Over the past week, I have once again found proof that continuous education and professional growth are essential tools in nursing. When receiving basic nursing education, many students expect to gain all the necessary knowledge in a few years, exploiting the knowledge later in practice. However, the more I became invested in the specifics of nursing, the more I realized the need for constant learning. One of the course topics this semester was the role of technology in health care and patient outcomes. While it seems obvious that nurses should learn how to integrate technology into daily care, the reality of embracing digital and social media tools is ethically and functionally complex.
For example, given the current COVID-19 environment with social distancing, self-isolation, and the inability to pay visits to the physician, many patients find alternative channels of communication and ask nurses to contact them on the phone or social media. Although this option seems like a relevant solution, I have discovered there are various ethical challenges to exchanging information with patients. For example, when I mentioned to one of my patients that I would call her to provide some additional information, the patient asked me to send her a text instead, as she could be unavailable. While such an option might seem quick and efficient for both parties, I needed to address the potential risks of such communication. According to HIPAA guidelines, texting itself is not a violation of patient safety and privacy (“Is texting in violation of HIPAA?” n.d.).

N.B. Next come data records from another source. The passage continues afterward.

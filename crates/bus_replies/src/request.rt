//! What a line of the host asks for.
ghost use Rattle.std.specs.Prelude.{◌≡◌, ◌<◌, Err, length, IfOk, IfSome};
ghost use Rattle.bus_replies.specs.Replies.{IsReplyInRange};

use crate::fault::ReplyRefusal;
use bus_traces::{host_event_of, moment_of};
use cbm_iec::Change;

/// What a line of the host asks for.
#[derive(Clone, Copy, Debug, PartialEq, Eq, Drop)]
pub enum ReplyRequest {
    /// It is empty, or begins with `;`.
    Nothing,
    /// The host changes a line.
    Change(Change),
    /// All that comes up to this moment, in microseconds.
    Until(u64),
    /// The same, and the talk ends.
    End(u64),
}

/// `MOMENT LINE WAY`.
fn change(line: &[u8]) -> Option<ReplyRequest>
    ensures { IfSome result IsReplyInRange }
{
    let event = host_event_of(line)?;
    Some(ReplyRequest::Change(event.change))
}

/// What the words of a line ask for, if they ask for something.
fn request_in(line: &[u8]) -> Option<ReplyRequest>
    ensures { IfSome result IsReplyInRange }
{
    match line {
        [] | [b';', ..] => Some(ReplyRequest::Nothing),
        [b'u', b'n', b't', b'i', b'l', b' ', moment @ ..] => Some(ReplyRequest::Until(moment_of(
            moment,
        )?)),
        [b'e', b'n', b'd', b' ', moment @ ..] => Some(ReplyRequest::End(moment_of(moment)?)),
        _ => change(line),
    }
}

/// A line without the carriage return that it may end with.
fn without_return(line: &[u8]) -> &[u8] {
    match line {
        [rest @ .., b'\r'] => rest,
        _ => line,
    }
}

/// What a line without its end asks for. Errors: `Long` for more than 1,000 bytes, then `Words`.
pub fn request_of(line: &[u8]) -> Result<ReplyRequest, ReplyRefusal>
    ensures range { IfOk result IsReplyInRange }
    ensures long { 1000 < length line.now → result ≡ Err ReplyRefusal.Long }
{
    if line.len() > LONGEST {
        return Err(ReplyRefusal::Long);
    }
    request_in(without_return(line)).ok_or(ReplyRefusal::Words)
}

/// The most bytes of a line.
pub(crate) const LONGEST: usize = 1000;
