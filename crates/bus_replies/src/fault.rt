//! Why a talk ends before its end.

use thiserror::Error;

/// Why a line is refused.
#[derive(Clone, Copy, Debug, PartialEq, Eq, Error)]
pub enum ReplyRefusal {
    /// It has more than 1,000 bytes.
    #[error("it has more than 1000 bytes")]
    Long,
    /// It asks for nothing.
    #[error("MOMENT LINE WAY is wanted, as 0 atn pull, or until MOMENT, or end MOMENT, with one space between two words")]
    Words,
    /// A change comes too early; this is the first moment at which it may come, in microseconds.
    #[error("it comes too early, {0} is the first moment at which the host may change a line")]
    Early(u64),
    /// What it asks for is over; the talk has come to this moment, in microseconds.
    #[error("its moment is over, the talk has come to {0}")]
    Over(u64),
}

/// Why a talk ended before its end.
#[derive(Clone, Copy, Debug, PartialEq, Eq, Error)]
pub enum ReplyFault {
    /// The line with this number, counted from 1, is refused, and why.
    #[error("line {0} refused: {1}")]
    Line(u64, ReplyRefusal),
    /// The reader failed, or was interrupted.
    #[error("reading failed")]
    Reading,
    /// The writer failed, was interrupted, or took no byte.
    #[error("writing failed")]
    Writing,
}
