//! The bounds of the host's timing.

pub use bus_judge::Bound;

/// All of them.
pub const BOUNDS: [Bound; 14] = [
    Bound::Together,
    Bound::Attention,
    Bound::Ready,
    Bound::Start,
    Bound::StartAfterPulse,
    Bound::Settled,
    Bound::Shown,
    Bound::Release,
    Bound::Turn,
    Bound::Silence,
    Bound::Take,
    Bound::Mark,
    Bound::Unmark,
    Bound::Accept,
];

However, after further reading, I have identified that using personal phones to text with patients might implicitly put their safety at risk, as the messaging tools on cell phones are not encrypted with Protected Health Information (PHI) protocol. As a result, an innocent text requested by the patient can result in a breach of privacy and access by third-party users. For this reason, even when texting is necessary, the information should be written in a way that would not disclose any sensitive details and information about the patient.
Undeniably, the use of technology has now become an integral part of the nursing profession, as we use electronic health records and telemedicine devices on a nearly daily basis. Moreover, nurses nowadays use social media platforms such as Twitter or Facebook to debate public health care and community education (O’Connor & Holloway, 2019). However, the demand for new communication methods should not stand in the nurses’ advocacy for patient safety and privacy. Hence, there is a need to constantly learn how to ensure maximum respect for the patients even when some actions deem to be more time-efficient and accessible. Moreover, this experience demonstrates how reviewing nursing policies is mandatory for every nurse.
In fact, the initiatives to review nursing practice guidelines should be a part of the nursing leaders’ agenda, as promoting safety and professionalism in the workplace is the key to productivity. This week’s learning materials and nursing practice have demonstrated a fine line between serving patients and doing the right thing. For example, when a patient asks to text the lab test results for the sake of convenience, they cannot be accused of not thinking about their privacy and safety. It is the nurse’s responsibility to assist the patients and ensure every action complies with the existing professional guidelines.
Is texting in violation of HIPAA? (n.d.). HIPAA Journal. Web.
O’Connor, S., & Holloway, A. (2019). Social media in nursing and health policy: A commentary. Policy, Politics, & Nursing Practice, 20(4), 188-190. Web.